赫连帝抚摸了小儿子的脑袋几下,慈和的面容不觉多了几分悲戚,然而掩映在这之下,竟是一个帝王让人心神具震的狠辣。
“这是父皇与越氏的恩怨,不想竟然牵连到你和你母后。朕还有几句话要说,坤儿,稍安勿躁。”他声音平静,平静到让人无法辨别到底是悲痛遗憾还是寒凛阴森。
他撑着扶手缓缓起身,居高临下,像神俯瞰地狱来的恶鬼一样俯视着赫连越,然后慢慢蹲下去,手轻轻放在赫连越头上,与方才抚摸乾坤酒一样抚摸着他的头,沙哑的嗓音似乎染上几分遗憾,更多的却是讽刺,“越儿,你是如此聪慧,朕以为,可以一辈子与你父子相称。”
赫连哈哈大笑,“父子?呵,天家无情,赫连朗是你的儿子,恐怕今日也难逃一死,何况是我?”
赫连帝没有说话,却轻轻点点头,“你还有没有什么想说的?或者是……想问的?”
赫连越想了想说道:“除了母妃和我,所有知道或者怀疑我身份的人都死了,便是我自己也是后来才知道,你又是从何得知?”
赫连帝望着远处那座金碧辉煌的宫殿半晌,忽然叹了口气,声音像是从遥远地天边飘来一样,“你母妃瞒不过朕的。这宫中,朕有众多妃嫔,却只有你们兄弟四人,坤儿是最小的皇子,你……不觉得奇怪吗?”
中洲先皇皇嗣十二位,今萧帝也有皇嗣五位,西陆先皇皇嗣十八位,今司云帝昭告天下,只要一妻一子。天极历朝历代,皇嗣从未下过十位,最少的赫连帝一代也有九位皇兄。而到了乾坤酒一代,偌大的皇宫,妃嫔何其多,皇嗣却只有四个。
赫连越不傻,一瞬间便想明白其中原因。
当年赫连帝尚未登基,大皇子赫连朗母妃被指婚入府,并诞下赫连朗。其后新皇登基,先后迎娶越氏与皇后。此三人中,只有皇后才是他自己心爱之人。

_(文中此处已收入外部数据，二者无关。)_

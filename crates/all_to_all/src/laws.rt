ghost use Rattle.all_to_all.specs.Laws.{EachOtherSentOne};

use let_inbox::{Named, others_stand_in_turn};

/// Where each rank sends one parcel to each other rank, by rank, what was sent for a rank is one parcel from each
/// other, by rank.
pub fn each_other_sent_one<M: Named>()
    ensures { EachOtherSentOne M.target }
{
    others_stand_in_turn();
}
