// Each rank sends one parcel to each other, through inboxes: what a rank holds of the inboxes of one exchange, and
// the calls of its phases. It stands on let_inbox, and on pf_num for the want of memory.
#![tactic(auto)]

mod incoming;
mod laws;
mod opening;
mod outgoing;
mod post;
mod tokens;

pub use laws::each_other_sent_one;
pub use opening::open;
pub use post::Post;
pub use tokens::{no_tokens, tokens_for, with_tokens};
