ghost use Rattle.std.specs.Prelude.{◌≡◌, ◌++◌, ◌+◌, [], length, map, flat_map, All, OnOk, IfOk, vec_len};
ghost use Rattle.std.specs.List.{range_with_len};
ghost use Rattle.all_to_all.specs.Posts.{state_of, IsPostOf, ArePostsOf};
ghost use Rattle.all_to_all.specs.Exchanging.{HaveSentParcels, CanSettleParcels};
ghost use Rattle.all_to_all.specs.Handed.{EachHasTokens, HasSentToAll, all_carried, sent_for, with_sent};

use crate::laws::each_other_sent_one;
use crate::outgoing::Token;
use crate::post::Post;
use let_inbox::{Inbox, Named, Spent, others_are_the_sources, others_grow, others_stand_in_turn};
use pf_num::OutOfMemory;
use std::alloc::Global;
use std::mem;

/// The tokens of what was put for each rank, by rank, when every rank has sent.
pub fn tokens_for<M: Named + Drop>(
    alloc: Global,
    inboxes: &[Inbox<M>],
    posts: &mut [Post<M>],
) -> Result<Vec<Vec<Spent<M>>>, OutOfMemory>
    requires of_inboxes { ArePostsOf M.source M.target M.has_terms inboxes.now posts.old }
    requires sent { All (HasSentToAll M.target (length inboxes.now)) posts.old }
    ensures of_inboxes { OnOk result (ArePostsOf M.source M.target M.has_terms inboxes.now posts.new) }
    ensures posts { OnOk result (map state_of posts.new ≡ map (λ p. record (state_of p) { sent = [] }) posts.old) }
    ensures tokens { IfOk result (λ lists.
        EachHasTokens M.source inboxes.now (length inboxes.now) (map (λ l. l.items) lists.items)) }
    ensures carried { IfOk result (λ lists. map (λ l. all_carried l.items) lists.items
        ≡ map (λ rank. flat_map (sent_for M.target rank) posts.old) (range_with_len 0 (length inboxes.now))) }
{
    let mut lists = no_tokens(alloc, inboxes)?;
    for post in posts.iter_mut() {
        post.hand_over(alloc, inboxes, &mut lists)?;
    }
    Ok(lists)
}

/// The posts when each rank has sent each other one parcel, and the tokens of the parcels that were sent to each.
pub fn with_tokens<M: Named + Drop>(
    alloc: Global,
    inboxes: &[Inbox<M>],
    mut posts: Vec<Post<M>>,
) -> Result<(Vec<Post<M>>, Vec<Vec<Spent<M>>>), OutOfMemory>
    requires counted { length posts.items ≡ length inboxes.now }
    requires sent { HaveSentParcels M.source M.target M.has_terms inboxes.now posts.items }
    ensures posts { IfOk result (λ b. length b.0.items ≡ length inboxes.now) }
    ensures tokens { IfOk result (λ b. length b.1.items ≡ length inboxes.now) }
    ensures settle { IfOk result (λ b.
        CanSettleParcels M.source M.target M.has_terms inboxes.now posts.items b.0.items b.1.items) }
{
    each_other_sent_one::<M>();
    let tokens = tokens_for(alloc, inboxes, &mut posts)?;
    Ok((posts, tokens))
}

/// For each rank a list without tokens, to which those of all posts are handed over, by rank.
pub fn no_tokens<M: Named + Drop>(
    alloc: Global,
    inboxes: &[Inbox<M>],
) -> Result<Vec<Vec<Spent<M>>>, OutOfMemory>
    ensures tokens { IfOk result (λ lists. EachHasTokens M.source inboxes.now 0 (map (λ l. l.items) lists.items)) }
    ensures empty { IfOk result (λ lists. All (λ l. l.items ≡ []) lists.items) }
{
    let mut lists = Vec::with_capacity(alloc, inboxes.len())?;
    for _inbox in inboxes {
        lists.push(Vec::with_capacity(alloc, inboxes.len() - 1)?)?;
    }
    Ok(lists)
}

impl<M: Named + Drop> Post<M> {
    /// Adds the tokens of what a rank sent to the lists of the ranks that it sent it to.
    pub fn hand_over(
        &mut self,
        alloc: Global,
        inboxes: &[Inbox<M>],
        lists: &mut [Vec<Spent<M>>],
    ) -> Result<(), OutOfMemory>
        requires of_inboxes { IsPostOf M.source M.target M.has_terms inboxes.now self.old }
        requires sent { HasSentToAll M.target (length inboxes.now) self.old }
        requires tokens { EachHasTokens M.source inboxes.now (state_of self.old).rank (map (λ l. l.items) lists.old) }
        ensures of_inboxes { OnOk result (IsPostOf M.source M.target M.has_terms inboxes.now self.new) }
        ensures post { OnOk result (state_of self.new ≡ record (state_of self.old) { sent = [] }) }
        ensures tokens { OnOk result (EachHasTokens M.source inboxes.now ((state_of self.old).rank + 1)
            (map (λ l. l.items) lists.new)) }
        ensures carried { OnOk result (map (λ l. all_carried l.items) lists.new
            ≡ map (with_sent M.target self.old (map (λ l. l.items) lists.old))
            (range_with_len 0 (length inboxes.now))) }
    {
        others_are_the_sources();
        others_stand_in_turn();
        others_grow();
        let tokens = mem::replace(&mut self.outgoing.tokens, Vec::new(alloc));
        for Token { target, spent } in tokens {
            lists[target as usize].push(spent)?;
        }
        Ok(())
    }
}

“朕迎娶皇后之后,便再也不曾碰过旁的女子,包括越氏。她与外人勾染,后灌醉了朕,自以为瞒天过海,怎知朕自从有了皇后,便再也不曾醉过。”
他信不过这诡谲的皇宫,只能让自己时刻保持清醒。
“你不是朕的儿子,朕一开始就知道。”赫连帝看着这张酷似自己的脸。有些东西,再像,也只是相像而已。
“那为何不杀了我?”赫连朗冷笑。